● **AIM OF THE TASK**: Every line in the entries that holds "maps" should be identified and copied.

(Saved data entries)

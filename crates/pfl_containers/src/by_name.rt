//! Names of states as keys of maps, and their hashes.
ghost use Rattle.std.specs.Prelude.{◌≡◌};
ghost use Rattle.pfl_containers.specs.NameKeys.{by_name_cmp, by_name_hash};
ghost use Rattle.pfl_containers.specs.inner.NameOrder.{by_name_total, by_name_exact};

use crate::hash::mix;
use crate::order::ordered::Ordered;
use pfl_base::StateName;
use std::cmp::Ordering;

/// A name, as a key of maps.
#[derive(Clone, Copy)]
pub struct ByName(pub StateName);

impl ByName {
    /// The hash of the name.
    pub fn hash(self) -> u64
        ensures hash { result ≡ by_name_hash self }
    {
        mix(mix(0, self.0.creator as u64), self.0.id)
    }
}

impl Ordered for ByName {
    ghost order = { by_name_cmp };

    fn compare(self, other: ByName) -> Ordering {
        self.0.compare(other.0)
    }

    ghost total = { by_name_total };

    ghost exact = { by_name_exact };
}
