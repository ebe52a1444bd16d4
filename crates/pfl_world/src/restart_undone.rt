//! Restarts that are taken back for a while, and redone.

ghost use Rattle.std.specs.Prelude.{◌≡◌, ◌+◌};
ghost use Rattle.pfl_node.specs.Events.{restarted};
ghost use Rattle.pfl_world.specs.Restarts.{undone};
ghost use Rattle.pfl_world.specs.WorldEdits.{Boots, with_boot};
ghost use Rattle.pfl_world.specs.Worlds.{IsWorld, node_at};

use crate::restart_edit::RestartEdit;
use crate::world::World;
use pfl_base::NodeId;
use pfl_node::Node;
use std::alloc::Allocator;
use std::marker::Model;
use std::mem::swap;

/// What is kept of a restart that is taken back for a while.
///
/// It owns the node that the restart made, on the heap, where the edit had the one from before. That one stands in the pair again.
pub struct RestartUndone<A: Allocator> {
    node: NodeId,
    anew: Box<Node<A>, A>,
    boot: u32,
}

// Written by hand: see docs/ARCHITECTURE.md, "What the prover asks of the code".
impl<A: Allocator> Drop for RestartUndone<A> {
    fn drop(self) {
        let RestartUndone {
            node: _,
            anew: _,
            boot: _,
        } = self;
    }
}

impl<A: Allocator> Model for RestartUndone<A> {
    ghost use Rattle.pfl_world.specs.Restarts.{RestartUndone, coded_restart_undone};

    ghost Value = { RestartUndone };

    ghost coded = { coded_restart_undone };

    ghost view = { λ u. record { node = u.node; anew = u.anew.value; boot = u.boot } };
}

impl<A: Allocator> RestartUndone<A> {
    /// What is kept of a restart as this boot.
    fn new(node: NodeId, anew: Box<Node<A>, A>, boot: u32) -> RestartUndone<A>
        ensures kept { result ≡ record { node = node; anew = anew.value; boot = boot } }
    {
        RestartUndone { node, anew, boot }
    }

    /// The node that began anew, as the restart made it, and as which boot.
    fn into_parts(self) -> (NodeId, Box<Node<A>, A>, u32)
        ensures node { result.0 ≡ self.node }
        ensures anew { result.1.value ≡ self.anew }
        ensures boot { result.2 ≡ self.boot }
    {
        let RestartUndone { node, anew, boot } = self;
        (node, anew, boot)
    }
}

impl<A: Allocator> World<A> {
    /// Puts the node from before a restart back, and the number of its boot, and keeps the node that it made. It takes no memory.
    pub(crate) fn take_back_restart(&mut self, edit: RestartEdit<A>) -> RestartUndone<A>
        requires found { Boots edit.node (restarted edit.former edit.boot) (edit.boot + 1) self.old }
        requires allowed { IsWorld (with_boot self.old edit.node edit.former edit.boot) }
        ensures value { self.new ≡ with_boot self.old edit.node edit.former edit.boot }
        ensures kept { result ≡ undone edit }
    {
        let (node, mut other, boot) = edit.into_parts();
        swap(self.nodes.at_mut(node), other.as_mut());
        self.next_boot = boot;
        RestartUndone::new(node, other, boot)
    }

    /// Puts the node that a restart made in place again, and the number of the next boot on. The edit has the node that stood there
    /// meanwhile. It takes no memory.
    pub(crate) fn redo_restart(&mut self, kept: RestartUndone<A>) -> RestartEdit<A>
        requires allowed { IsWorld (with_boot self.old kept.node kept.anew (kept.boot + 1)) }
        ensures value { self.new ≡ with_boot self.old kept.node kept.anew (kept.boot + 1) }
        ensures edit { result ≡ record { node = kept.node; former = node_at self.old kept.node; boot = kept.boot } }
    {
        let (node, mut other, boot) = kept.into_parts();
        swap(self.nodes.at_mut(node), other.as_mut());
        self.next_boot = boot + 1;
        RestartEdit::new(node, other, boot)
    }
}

● **RESULT**:
//! Names of states as keys of maps, and their hashes.
/// A name, as a key of maps.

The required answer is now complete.